PROVIDED RECORDS:
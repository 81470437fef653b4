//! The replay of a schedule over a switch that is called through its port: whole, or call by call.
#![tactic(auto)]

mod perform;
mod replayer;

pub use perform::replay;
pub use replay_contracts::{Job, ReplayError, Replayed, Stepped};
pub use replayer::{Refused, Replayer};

---

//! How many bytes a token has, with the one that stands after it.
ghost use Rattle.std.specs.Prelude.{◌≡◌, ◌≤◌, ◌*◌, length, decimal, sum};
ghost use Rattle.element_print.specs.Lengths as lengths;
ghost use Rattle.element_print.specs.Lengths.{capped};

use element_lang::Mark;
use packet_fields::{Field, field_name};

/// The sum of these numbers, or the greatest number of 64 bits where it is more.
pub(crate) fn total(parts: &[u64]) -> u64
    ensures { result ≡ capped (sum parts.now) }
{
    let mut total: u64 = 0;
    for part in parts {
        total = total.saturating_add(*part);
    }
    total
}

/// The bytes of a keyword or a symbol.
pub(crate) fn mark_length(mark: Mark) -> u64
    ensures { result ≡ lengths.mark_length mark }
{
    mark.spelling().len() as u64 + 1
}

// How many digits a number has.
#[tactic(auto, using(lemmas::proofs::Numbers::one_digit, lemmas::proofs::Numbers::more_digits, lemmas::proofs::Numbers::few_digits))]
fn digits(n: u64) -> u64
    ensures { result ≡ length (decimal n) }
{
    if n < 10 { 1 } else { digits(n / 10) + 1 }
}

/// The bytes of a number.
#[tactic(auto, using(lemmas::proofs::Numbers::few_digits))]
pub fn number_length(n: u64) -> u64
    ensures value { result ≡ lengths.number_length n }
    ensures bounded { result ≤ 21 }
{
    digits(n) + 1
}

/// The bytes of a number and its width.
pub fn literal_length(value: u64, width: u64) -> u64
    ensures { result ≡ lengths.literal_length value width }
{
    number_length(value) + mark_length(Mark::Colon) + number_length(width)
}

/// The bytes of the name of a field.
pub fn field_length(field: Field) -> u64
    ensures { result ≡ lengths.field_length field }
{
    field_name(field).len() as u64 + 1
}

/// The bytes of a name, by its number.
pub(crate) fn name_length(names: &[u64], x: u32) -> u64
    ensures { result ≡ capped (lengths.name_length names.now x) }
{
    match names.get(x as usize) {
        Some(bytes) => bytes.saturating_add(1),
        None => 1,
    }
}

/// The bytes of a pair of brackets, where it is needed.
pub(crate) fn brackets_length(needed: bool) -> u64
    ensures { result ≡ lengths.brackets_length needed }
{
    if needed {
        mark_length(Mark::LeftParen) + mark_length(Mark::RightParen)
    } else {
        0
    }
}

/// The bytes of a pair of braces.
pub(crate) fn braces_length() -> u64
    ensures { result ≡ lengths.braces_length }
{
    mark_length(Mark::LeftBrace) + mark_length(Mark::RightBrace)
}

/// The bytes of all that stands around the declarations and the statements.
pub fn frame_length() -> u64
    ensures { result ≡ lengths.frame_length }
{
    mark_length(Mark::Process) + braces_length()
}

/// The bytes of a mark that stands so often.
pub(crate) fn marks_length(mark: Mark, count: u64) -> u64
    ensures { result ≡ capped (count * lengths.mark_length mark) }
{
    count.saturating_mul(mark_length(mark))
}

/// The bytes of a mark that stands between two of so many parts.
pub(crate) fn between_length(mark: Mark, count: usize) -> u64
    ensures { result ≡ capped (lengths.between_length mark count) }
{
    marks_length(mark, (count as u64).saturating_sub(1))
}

EXERCISE GOAL:
Extract from the records above the lines from the one containing "it is more." to the one containing "pub(crate) fn name_length(names: &[u64], x: u32)", both lines included, exactly as they appear and with nothing else.

RESULT FOR THIS TASK:
/// The sum of these numbers, or the greatest number of 64 bits where it is more.
pub(crate) fn total(parts: &[u64]) -> u64
    ensures { result ≡ capped (sum parts.now) }
{
    let mut total: u64 = 0;
    for part in parts {
        total = total.saturating_add(*part);
    }
    total
}

/// The bytes of a keyword or a symbol.
pub(crate) fn mark_length(mark: Mark) -> u64
    ensures { result ≡ lengths.mark_length mark }
{
    mark.spelling().len() as u64 + 1
}

// How many digits a number has.
#[tactic(auto, using(lemmas::proofs::Numbers::one_digit, lemmas::proofs::Numbers::more_digits, lemmas::proofs::Numbers::few_digits))]
fn digits(n: u64) -> u64
    ensures { result ≡ length (decimal n) }
{
    if n < 10 { 1 } else { digits(n / 10) + 1 }
}

/// The bytes of a number.
#[tactic(auto, using(lemmas::proofs::Numbers::few_digits))]
pub fn number_length(n: u64) -> u64
    ensures value { result ≡ lengths.number_length n }
    ensures bounded { result ≤ 21 }
{
    digits(n) + 1
}

/// The bytes of a number and its width.
pub fn literal_length(value: u64, width: u64) -> u64
    ensures { result ≡ lengths.literal_length value width }
{
    number_length(value) + mark_length(Mark::Colon) + number_length(width)
}

/// The bytes of the name of a field.
pub fn field_length(field: Field) -> u64
    ensures { result ≡ lengths.field_length field }
{
    field_name(field).len() as u64 + 1
}

/// The bytes of a name, by its number.
pub(crate) fn name_length(names: &[u64], x: u32) -> u64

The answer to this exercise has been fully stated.